What to produce | The required answer is a copy of each line in the entries below that includes "replaced".

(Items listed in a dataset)
=== Begin Enclosure ===
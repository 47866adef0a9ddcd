ghost use Rattle.std.specs.Prelude.{◌≡◌, ℕ, ◌+◌, ◌≤◌, ◌<◌, ◌^◌, length, map, if◌then◌else◌, IsTrue};
ghost use Rattle.std.specs.Ordering.{int_eq};
ghost use Rattle.loc_base.specs.Bits.{width_of, value_of};
ghost use Rattle.design_core.specs.Operator.{is_true, one_if, unary, binary};
ghost use Rattle.design_core.specs.Valuation.{bit, number};
ghost use Rattle.design_core.specs.WellFormed.{is_width, unary_fits, binary_fits};
ghost use Rattle.word_net.specs.Fits.{OperandFits};
ghost use Rattle.word_net.specs.Selects.{picked_bit, put_bits, put_picked};
ghost use Rattle.word_net.specs.Values.{index_read, range_of, read};
ghost use Rattle.plain_values.specs.Evaluate.{takes};

use crate::bits::{blended, is_number};
use crate::select::{Index, Ranged};
use design_core::{BinaryOp, UnaryOp};
use loc_base::Bits;
use plain_values::{binary, replaced, unary};
use word_net::{Operand, Select};

/// Bits of a word that are replaced: so many from a position on.
#[derive(Clone, Copy)]
pub(crate) struct Run {
    pub(crate) from: u8,
    pub(crate) size: u8,
}

/// What is stored: the bits of a node from a position on.
#[derive(Clone, Copy)]
pub(crate) struct Stored {
    pub(crate) word: Operand,
    pub(crate) offset: u8,
}

/// What an operand reads.
#[tactic(auto, using(crate::proofs::Words::read_steps))]
pub(crate) fn read(known: &[Bits], operand: Operand) -> Bits
    requires { OperandFits (map width_of known.now) operand }
    ensures width { width_of result ≡ operand.width }
    ensures value { value_of result ≡ read (map value_of known.now) operand }
{
    known[operand.node as usize]
}

/// A word whose bits are read or stored by a variable index.
fn ranged(word: Bits, select: &Select) -> Ranged
    ensures { result ≡ record { word = word; left = select.now.left; right = select.now.right } }
{
    Ranged {
        word,
        left: select.left,
        right: select.right,
    }
}

/// The index of a select.
fn index(known: &[Bits], select: &Select) -> Index
    requires { OperandFits (map width_of known.now) select.now.index }
    ensures width { width_of result.word ≡ select.now.index.width }
    ensures value { value_of result.word ≡ read (map value_of known.now) select.now.index }
    ensures signed { result.signed ≡ select.now.index.signed }
{
    Index {
        word: read(known, select.index),
        signed: select.index.signed,
    }
}

/// A unary operator.
pub(crate) fn of_unary(known: &[Bits], op: UnaryOp, arg: Operand) -> Bits
    requires { OperandFits (map width_of known.now) arg }
    ensures width { (width : ℕ) → IsTrue (unary_fits op width arg.width) → width_of result ≡ width }
    ensures value { value_of result ≡ unary op arg.width (read (map value_of known.now) arg) }
{
    unary(op, read(known, arg))
}

/// A binary operator.
pub(crate) fn of_binary(known: &[Bits], op: BinaryOp, left: Operand, right: Operand) -> Bits
    requires left { OperandFits (map width_of known.now) left }
    requires right { OperandFits (map width_of known.now) right }
    requires takes { IsTrue (takes op left.width right.width) }
    ensures width { (width : ℕ) → IsTrue (binary_fits op width left.width right.width) → width_of result ≡ width }
    ensures value { value_of result ≡ binary op left.width left.signed right.signed (read (map value_of known.now) left) (read (map value_of known.now) right) }
{
    let one = read(known, left);
    let other = read(known, right);
    binary(op, one, left.signed, other, right.signed)
}

/// One of two words of the same width.
pub(crate) fn of_choice(known: &[Bits], cond: Operand, yes: Operand, no: Operand) -> Bits
    requires cond { OperandFits (map width_of known.now) cond }
    requires on_true { OperandFits (map width_of known.now) yes }
    requires on_false { OperandFits (map width_of known.now) no }
    requires alike { yes.width ≡ no.width }
    ensures width { width_of result ≡ no.width }
    ensures value { value_of result
        ≡ (if is_true (read (map value_of known.now) cond) then read (map value_of known.now) yes else read (map value_of known.now) no) }
{
    if read(known, cond).value() != 0 {
        read(known, yes)
    } else {
        read(known, no)
    }
}

/// Bits by a variable index.
pub(crate) fn of_pick(known: &[Bits], word: Operand, select: &Select) -> Bits
    requires word { OperandFits (map width_of known.now) word }
    requires index { OperandFits (map width_of known.now) select.now.index }
    requires offsets { IsTrue (is_width (length select.now.offsets)) }
    ensures width { width_of result ≡ length select.now.offsets }
    ensures value { value_of result ≡ number (length select.now.offsets)
        (picked_bit (range_of word select.now) (bit (read (map value_of known.now) word)) (index_read (map value_of known.now) select.now.index) select.now.offsets) }
{
    let word = ranged(read(known, word), select);
    word.picked(index(known, select), select.offsets.as_slice())
}

/// Whether an index is a number.
pub(crate) fn of_is(known: &[Bits], index: Operand, number: i64) -> Bits
    requires { OperandFits (map width_of known.now) index }
    ensures width { width_of result ≡ 1 }
    ensures value { value_of result ≡ one_if (int_eq (index_read (map value_of known.now) index) number) }
{
    Bits::from_bool(is_number(read(known, index), index.signed, number))
}

/// A word of which some bits are replaced.
pub(crate) fn of_put(known: &[Bits], old: Operand, run: Run, stored: Stored) -> Bits
    requires old { OperandFits (map width_of known.now) old }
    requires word { OperandFits (map width_of known.now) stored.word }
    requires within { run.from + run.size ≤ old.width }
    ensures width { width_of result ≡ old.width }
    ensures value { value_of result ≡ number old.width
        (put_bits (bit (read (map value_of known.now) old)) run.from run.size (λ b. bit (read (map value_of known.now) stored.word) (stored.offset + b))) }
{
    let bits = read(known, stored.word).shift_right(u128::from(stored.offset));
    replaced(read(known, old), run.from, run.size, bits)
}

/// A word of which bits by a variable index are replaced.
pub(crate) fn of_put_pick(known: &[Bits], old: Operand, select: &Select, stored: Stored) -> Bits
    requires old { OperandFits (map width_of known.now) old }
    requires index { OperandFits (map width_of known.now) select.now.index }
    requires word { OperandFits (map width_of known.now) stored.word }
    ensures width { width_of result ≡ old.width }
    ensures value { value_of result ≡ number old.width
        (put_picked (range_of old select.now) (bit (read (map value_of known.now) old)) (index_read (map value_of known.now) select.now.index) 0 select.now.offsets
        (λ b. bit (read (map value_of known.now) stored.word) (stored.offset + b))) }
{
    let word = ranged(read(known, old), select);
    let bits = read(known, stored.word).shift_right(u128::from(stored.offset));
    word.put(index(known, select), select.offsets.as_slice(), bits)
}

/// The bits of one word where a mask has 1, else those of another.
pub(crate) fn of_blend(known: &[Bits], mask: u128, one: Operand, other: Operand) -> Bits
    requires one { OperandFits (map width_of known.now) one }
    requires other { OperandFits (map width_of known.now) other }
    requires alike { one.width ≡ other.width }
    requires mask { mask < 2 ^ other.width }
    ensures width { width_of result ≡ other.width }
    ensures value { value_of result ≡ number other.width
        (λ b. if bit mask b then bit (read (map value_of known.now) one) b else bit (read (map value_of known.now) other) b) }
{
    blended(mask, read(known, one), read(known, other))
}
=== End Enclosure ===
Your solution |
use plain_values::{binary, replaced, unary};
/// Bits of a word that are replaced: so many from a position on.
/// A word of which some bits are replaced.
    replaced(read(known, old), run.from, run.size, bits)
/// A word of which bits by a variable index are replaced.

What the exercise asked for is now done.